Haters gonna hate; whiny hacks gonna whine

(I)t is one of life's most pronounced ironies that the senator who represents Vegas is such a dim bulb.
-Dennis Miller, referring to Sen. Harry Reid.


When the U.S. Senate next convenes, they will have little more than two weeks to tend to business before heading home in late September. Naturally there is a lot to address, whether it's the continued barbaric killings of Americans by ISIS, a National Debt drawing ever closer to $18 trillion or the multiple jobs bills passed by the U.S. House, which are piling up on Reid's desk.

Apparently all of the aforementioned pressing issues take a distant second to Reid's continued obsession with Charles and David Koch.

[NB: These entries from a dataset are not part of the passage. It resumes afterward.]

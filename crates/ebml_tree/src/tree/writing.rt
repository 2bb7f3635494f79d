//! Trees that are written in the normal form.

ghost use Rattle.std.specs.Prelude.{◌≡◌, ◌≤◌, ◌<◌, ◌^◌, ◌++◌, ℕ, List, length, take, OnOk, OnErr, IsTrue};
ghost use Rattle.ebml_numbers.specs.Number.{is_written_id};
ghost use Rattle.tree_format.specs.NormalForm.{is_filler, header_octets, kept_octets, longest};

use ebml_numbers::{put_id, put_size, size_width};
use mkv_schema::ids::{CRC_32, VOID};
use std::alloc::AllocError;

// Maximum number of bytes after an Element's header (RFC 8794, section 6.2, Unknown Data Size).
pub(super) const LONGEST: u64 = 0xFF_FFFF_FFFF_FFFE;

// Checks whether Elements with the ID `id` are left out when a tree is written: Void, and CRC-32 (RFC 8794, section
// 11.3, Global Elements). `write` and `element_len` call it.
pub(super) fn is_filler(id: u32) -> bool
    ensures { result ≡ is_filler id }
{
    id == VOID || id == CRC_32
}

// Returns the length in bytes of an Element with the ID `id` and `written` bytes of content, or 0 if it is left out.
// `written_len` adds them up.
#[tactic(auto, using(crate::proofs::ContentLemmas::lengths))]
pub(super) fn element_len(id: u32, written: u64) -> u64
    requires id { IsTrue (is_written_id id) }
    requires most { written ≤ longest }
    ensures exact { (body : List ℕ) → length body ≡ written → result ≡ length (kept_octets id body) }
    ensures most { result < 2 ^ 57 }
{
    if is_filler(id) {
        return 0;
    }
    u64::from(put_id(id).len) + u64::from(size_width(written)) + written
}

// Appends the header of an Element with the ID `id` and `written` bytes of content to `out`, before a tree's content.
// If memory runs out, `out` may have gained a part of it. `write` begins with it.
#[tactic(auto, using(crate::proofs::ContentLemmas::lengths))]
pub(super) fn write_header(id: u32, written: u64, out: &mut Vec<u8>) -> Result<(), AllocError>
    requires id { IsTrue (is_written_id id) }
    requires most { written ≤ longest }
    ensures ok { OnOk result (out.new.items ≡ out.old.items ++ header_octets id written) }
    ensures err { OnErr result (take (length out.old.items) out.new.items ≡ out.old.items) }
{
    out.extend_from_slice(put_id(id).as_slice())?;
    out.extend_from_slice(put_size(written, size_width(written)).as_slice())?;
    Ok(())
}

Reid has decreed that the Senate's first order of legislative business will be a proposed constitutional amendment that would give Congress the power to regulate every dollar raised and every dollar spent by every political campaign in America.

Put aside the merits — or lack of them — of this particular proposal. Amending the Constitution requires a two-thirds vote in both House and Senate, plus ratification by three-quarters of the states. This particular amendment, supported mostly by progressive Democrats, won't even get past the first step. So why would Reid devote precious time to an entirely futile exercise?

Because the Senate's brief two weeks in Washington are all about the campaign to come.

In recent months, Reid has used the proposed amendment as a way to bash the Koch brothers, the billionaires who fund a number of conservative and libertarian political causes. Some strategists believe villainizing the Kochs will allow Democratic candidates not only to associate Republican opponents with the villains, but also to use the Kochs as a symbol for economic inequality and blame Republicans for the nation's economic woes.

But because of the special nature of constitutional amendments, the coming Senate debate could play out more as a time waster than a serious policy discussion.

Unlike an ordinary bill, a constitutional amendment requires 67 votes to pass. So far, the campaign finance amendment doesn't even have the support of all of the Senate's 55 Democrats, and no Republican has come out in favor of it. Even if every Democrat voted for it, it would fall far short of passage.

It's rare for a Majority Leader to propose a measure he knows has zero chance of passing; that alone suggests the fundamentally political nature of Reid's strategy.

Ah, but this isn't any majority leader. This is a vapid, insufferable hack who essentially calls citizens liars when they convey testimonials of disastrous results due to Obamacare. Reid is also someone who has made racially insensitive remarks about President Obama as well as a bad joke about Asians when in the presence of the Las Vegas Asian Chamber of Commerce.

With all that said, why should it come as any surprise that Reid (who has been Senate Majority Leader for nearly 8 years now) would attempt to use the upper legislative chamber to preserve his stature as Majority Leader? The Republicans have a legitimate chance to seize control of the Senate this November, thus giving the GOP complete control of Congress. That has to have Dingy Harry sputtering in his Metamucil.

It's no coincidence that President Obama rarely (if ever) refers to the Senate when speaking of a dysfunctional Congress given that said body is controlled by his own party. But perhaps the more prevalent reason Obama steers clear of mentioning the Senate is it would shine a light on the droning septuagenarian leader who whines about not being able to go home to enjoy his pomegranate trees in Nevada because of that pesky legislation he was elected to enact.

It may not be the worst idea in the world for the National Republican Senatorial Committee to buy TV ads which merely play Reid's incessant buffoonery on an endless loop.